Talent shortages. Vacancies across many sectors remain elevated. Employers who can't attract and retain talent face real constraints on growth. This makes every aspect of HR β€” from employer branding and recruitment to onboarding and development β€” more strategically important.

Legislative change. The Employment Rights Bill represents the biggest overhaul of UK employment law in a generation. Day-one unfair dismissal rights, zero-hours contract reforms, and strengthened trade union rights will all require businesses to update their policies, processes, and management training.

Cost pressures. Employer NI at 15%, rising National Minimum Wage, and increasing pension contribution expectations all push up employment costs. HR must balance competitive compensation with financial sustainability.

Wellbeing and burnout. Post-pandemic, employee burnout remains a significant concern. Mental health first aiders, employee assistance programmes, and wellbeing strategies have moved from nice-to-have to essential.

Data and compliance. GDPR enforcement continues to evolve, and the volume of employee data businesses collect (particularly with hybrid working) creates both opportunities and risks. HR must balance the value of HR analytics with the obligation to protect employee privacy.

These challenges reinforce the fundamental argument of this chapter: HR is not a luxury function. It is a business-critical capability that directly impacts your ability to attract, retain, and develop the people who make your organisation successful.

Frequently Asked Questions

Do small businesses need an HR department?

Even businesses with just a handful of employees need an HR function, though it doesn't have to be a full department. UK employment law applies from day one of employment β€” you need employment contracts, right-to-work checks, pension auto-enrolment, and proper policies. Many small businesses start with a single HR lead or use HR software to manage these obligations efficiently.

What is the difference between HR and people management?
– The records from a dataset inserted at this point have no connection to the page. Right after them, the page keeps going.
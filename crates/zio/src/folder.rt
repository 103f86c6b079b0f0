ghost use Rattle.std.specs.Prelude.{◌≡◌, None};
ghost use Rattle.std.specs.declared.option.Option.{Option};

use crate::{Shelf, ShelfRefusal};
use std::fs::{self, OpenFile, OpenOptions};
use std::io::{self, ErrorKind};
use std::rt::Files;
use zbase::{FaultCount, Memory};
use zdisk::FileDisk;

/// The files of the system, by their paths. It tells only how often it has failed.
///
/// `Missing` is the answer where the system says that there is no such file, and `Exists` where it says that there is one
/// already; any other error is a fault. Behind a call that gave a file its name, the folder that has the name is synced too.
/// A file is opened for writing too, unless the system allows reading alone: then each write to its disk is a fault.
#[derive(Drop)]
pub struct Folder<R> {
    rt: R,
    faults: FaultCount,
}

impl<R: Files> Folder<R> {
    /// The files that this handle reaches; opening one has not failed so far.
    pub fn new(rt: R) -> Folder<R>
        ensures count { (⟦<Folder<R> as Shelf>⟧.counter result).count ≡ 0 }
    {
        Folder {
            rt,
            faults: FaultCount::new(),
        }
    }
}

impl<R: Files> Shelf for Folder<R> {
    type D = FileDisk<R::File>;

    ghost files = { λ _. None };

    ghost counter = { λ folder. folder.faults };

    ghost sound_disks = { λ _. ⊥ };

    ghost lasts = { λ _ _. Unit {0} };

    fn open(&mut self, name: &str) -> Result<FileDisk<R::File>, ShelfRefusal> {
        match open_file(&self.rt, name) {
            Ok(file) => Ok(FileDisk::new(file)),
            Err(error) if error.kind() == ErrorKind::NotFound => Err(ShelfRefusal::Missing),
            Err(_) => Err(self.faults.fault().into()),
        }
    }

    fn create(&mut self, name: &str) -> Result<FileDisk<R::File>, ShelfRefusal> {
        match create_synced(&self.rt, name) {
            Ok(file) => Ok(FileDisk::new(file)),
            Err(error) if error.kind() == ErrorKind::AlreadyExists => Err(ShelfRefusal::Exists),
            Err(_) => Err(self.faults.fault().into()),
        }
    }

    fn close(&mut self, _name: &str, _disk: FileDisk<R::File>) -> Result<(), Memory> {
        // What was written stands in the file.
        Ok(())
    }

    fn replace(&mut self, new: &str, main: &str) -> Result<(), ShelfRefusal> {
        match rename_synced(&self.rt, new, main) {
            Ok(()) => Ok(()),
            Err(error) if error.kind() == ErrorKind::NotFound => Err(ShelfRefusal::Missing),
            Err(_) => Err(self.faults.fault().into()),
        }
    }
}

// The path of the folder in which a file stands.
fn folder_of(path: &str) -> &str {
    match path.rsplit_once('/') {
        Some(("", _)) => "/",
        Some((folder, _)) => folder,
        None => ".",
    }
}

// Brings the names in the folder of a file to the device.
fn sync_folder<R: Files>(rt: &R, path: &str) -> io::Result<()> {
    fs::open(rt, folder_of(path))?.sync_all()
}

// The file of that name, for reading and writing; for reading alone where the system allows no more.
fn open_file<R: Files>(rt: &R, path: &str) -> io::Result<R::File> {
    match OpenOptions::new().read(true).write(true).open(rt, path) {
        Ok(file) => Ok(file),
        Err(_) => fs::open(rt, path),
    }
}

// A new file, under its name on the device.
fn create_synced<R: Files>(rt: &R, path: &str) -> io::Result<R::File> {
    let file = OpenOptions::new()
        .read(true)
        .write(true)
        .create_new(true)
        .open(rt, path)?;
    file.sync_all()?;
    sync_folder(rt, path)?;
    Ok(file)
}

// Gives a file another name, on the device too.
fn rename_synced<R: Files>(rt: &R, from: &str, to: &str) -> io::Result<()> {
    fs::rename(rt, from, to)?;
    sync_folder(rt, to)?;
    sync_folder(rt, from)
}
HR (Human Resources) is the formal business function that manages employment processes, compliance, and employee administration. People management is a broader concept that includes how managers lead, motivate, and develop their teams day-to-day. In practice, HR sets the framework and policies, while people management is how those policies are applied by line managers throughout the organisation.

What qualifications do you need to work in HR?

In the UK, there's no legal requirement for HR professionals to hold specific qualifications, but CIPD (Chartered Institute of Personnel and Development) qualifications are the industry standard. CIPD offers three levels: Foundation Certificate (Level 3), Associate Diploma (Level 5), and Advanced Diploma (Level 7). Many HR professionals also hold degrees in business, psychology, or law.

What is the difference between HRIS, HRMS, and HCM?

HRIS (Human Resource Information System) focuses on core employee data management and record keeping. HRMS (Human Resource Management System) adds payroll, benefits, and workforce management capabilities. HCM (Human Capital Management) is the broadest term, encompassing talent management, succession planning, and strategic workforce planning. In practice, many modern HR platforms blur these boundaries.

How much does HR software cost for a small UK business?

UK HR software typically costs between Β£2 and Β£10 per employee per month, depending on features. Basic plans covering employee records, leave management, and document storage start from around Β£2-3 per employee per month. More comprehensive plans including recruitment, performance management, and advanced reporting typically cost Β£4-8 per employee per month. Most providers offer annual billing discounts.